BOISE – While a federal judge ponders whether to issue an injunction stopping wolf hunts in Idaho and Montana, Idaho hunters are heading into the woods, ready to target wolves a half-hour before sunrise today.
Marv Hagedorn, an Idaho state representative who’s been hunting since he was a youngster in Potlatch, Idaho, plans to head out at 3 a.m. Hagedorn, R-Meridian, said he’s not counting on bagging an elusive wolf.
“We call it hunting and not finding for a reason,” he said. “It’s more of a celebration of gaining our right as a state to manage our wildlife again, all of our wildlife.”
Thirteen conservation groups that went to court Monday morning seeking the injunction were disappointed the judge didn’t rule from the bench. “It’s just all in limbo right now,” said Suzanne Asha Stone, Northern Rockies representative for Defenders of Wildlife.
“It could come within a matter of days or within a matter of weeks,” Jenny Harbine, an attorney with Earthjustice, the environmental law firm representing the groups, said Monday, “and of course the Idaho wolf hunt will start tomorrow.”
Idaho Fish and Game officials spent a busy day fielding national media inquiries and hurriedly preparing signs to warn away hunters in case the judge halts the hunts after hunters are in the field.
More than 10,000 Idaho hunters already have bought tags for the state’s first-ever wolf hunt, and in two zones, the Lolo and the Sawtooth, the season opens today. Both those zones are remote enough that some hunters could be far out in the woods, with no radio or cell phone reception to learn of an injunction.
Game wardens are standing by to print out closure signs if needed and get them posted at access points, said Ed Mitchell, Idaho Fish and Game conservation information supervisor. The signs say, in bold letters, “Wolf hunt closed by federal court action.”
“They’re on hold now,” Mitchell said.
U.S. District Judge Donald Molloy in Missoula heard three hours of arguments on both sides on Monday, then took the matter under advisement, saying he’d rule “as quickly as I can.”
Doug Honnold of Earthjustice said wolves, considered endangered until May of this year, remain at risk because the states lack sufficient safeguards to protect them. “It’s the endangered species that need to be protected, not the states’ rights to kill wolves,” he said.
Michael Eitel, representing the Fish and Wildlife Service, said the agency would keep monitoring the wolves and step in to return the species to the endangered list if warranted. “The Northern Rocky Mountain wolves are doing very well,” Eitel said. “Yes there might be wolves that are killed, but that will not affect the population in Idaho and Montana.”
Idaho Attorney General Lawrence Wasden said, “The plaintiffs gave an indication that they didn’t trust the state of Idaho to properly manage wolves.”
Stone noted that Idaho lawmakers passed a resolution in 2001 demanding that “wolf recovery efforts in Idaho be discontinued immediately, and wolves be removed by whatever means necessary.” The non-binding measure, HJM 5, passed the House 53-2 and the Senate 30-3.
“It’s clear that Idaho has a long history of being hostile to wolves,” she said.
Idaho plans to allow hunters to kill up to 220 wolves – about a quarter of the state’s wolf population – while Montana has set its statewide limit at 75 wolves.
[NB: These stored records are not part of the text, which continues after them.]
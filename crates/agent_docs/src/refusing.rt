//! The refusals that name a path.
ghost use Rattle.std.specs.Prelude.{◌≡◌, IfOk};
ghost use Rattle.agent_docs.specs.MachineMembers.{failing_path, record_path, under, Tells};

use crate::machine_stop::MachineStop;
use pp_values::{Memory, Text};
use std::alloc::Global;

/// What stands at this path is not of its kind.
pub(crate) fn bad_path(alloc: Global, path: &str) -> MachineStop
    ensures { Tells result path.now }
{
    match Text::from_str(alloc, path) {
        Ok(path) => MachineStop::Bad(path),
        Err(_) => MachineStop::Memory,
    }
}

/// What fails has no text at this place, counted from 0.
pub(crate) fn bad_failing(alloc: Global, index: usize) -> MachineStop
    ensures { Tells result (failing_path index) }
{
    match failing_path(alloc, index) {
        Ok(path) => MachineStop::Bad(path),
        Err(_) => MachineStop::Memory,
    }
}

/// What stands in the state under this text is no record.
pub(crate) fn bad_record(alloc: Global, key: &str) -> MachineStop
    ensures { Tells result (record_path key.now) }
{
    match record_path(alloc, key) {
        Ok(path) => MachineStop::Bad(path),
        Err(_) => MachineStop::Memory,
    }
}

/// What stands in this record under this name is no form of a value.
pub(crate) fn bad_property(alloc: Global, key: &str, name: &str) -> MachineStop
    ensures { Tells result (under (record_path key.now) name.now) }
{
    match property_path(alloc, key, name) {
        Ok(path) => MachineStop::Bad(path),
        Err(_) => MachineStop::Memory,
    }
}

fn failing_path(alloc: Global, index: usize) -> Result<Text, Memory>
    ensures { IfOk result (λ t. t ≡ failing_path index) }
{
    let path = format!(in alloc; "machine.failing.{index}")?;
    Ok(Text::new(path))
}

fn record_path(alloc: Global, key: &str) -> Result<Text, Memory>
    ensures { IfOk result (λ t. t ≡ record_path key.now) }
{
    let mut path = String::from_str(alloc, "machine.state")?;
    path.push_str(".")?;
    path.push_str(key)?;
    Ok(Text::new(path))
}

fn property_path(alloc: Global, key: &str, name: &str) -> Result<Text, Memory>
    ensures { IfOk result (λ t. t ≡ under (record_path key.now) name.now) }
{
    let mut path = record_path(alloc, key)?.into_string(alloc)?;
    path.push_str(".")?;
    path.push_str(name)?;
    Ok(Text::new(path))
}
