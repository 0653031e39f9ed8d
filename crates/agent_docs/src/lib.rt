//! Reports of runs, and machines, as documents.
#![tactic(auto)]

mod machine_members;
mod machine_stop;
mod machine_texts;
mod refusing;
mod report_reading;
mod report_texts;

pub use json_documents::DocStop;
pub use machine_members::machine_of;
pub use machine_stop::MachineStop;
pub use machine_texts::{machines_are_told_apart, read_machine, write_machine};
pub use report_reading::read_report;
pub use report_texts::{report_form, reports_are_told_apart, write_report};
The season in the North Idaho Panhandle starts Oct. 1.
Molloy is the same judge who issued an injunction in 2008 blocking planned wolf hunts. Since then, wolves have been removed from the endangered species list in Idaho and Montana, but they continue to be listed in Wyoming, because that state’s wolf management plans haven’t met federal standards.
Idaho plans to allow hunters to kill up to 220 wolves – about a quarter of the state’s wolf population – while Montana has set its limit at 75 wolves. The season starts in the North Idaho Panhandle on Oct. 1.
One concern Molloy raised when he issued the 2008 injunction was the lack of evidence of genetic mixing between the wolf populations in the various states.
“I don’t think he was provided with enough information on that issue last year,” Mitchell said. “Since he talked about it, both states have gathered up a lot more information about it.”
Evidence of genetic mixing would show that, rather than isolated populations that could, in time, develop genetic problems that could lead to extinction, the wolf population in the region is a single, viable population, Mitchell said.
The gray wolf was declared endangered in Idaho in 1974; 35 wolves were reintroduced into central Idaho in 1995, and they’ve since multiplied. Idaho Fish and Game now estimates there are 1,020 wolves in Idaho.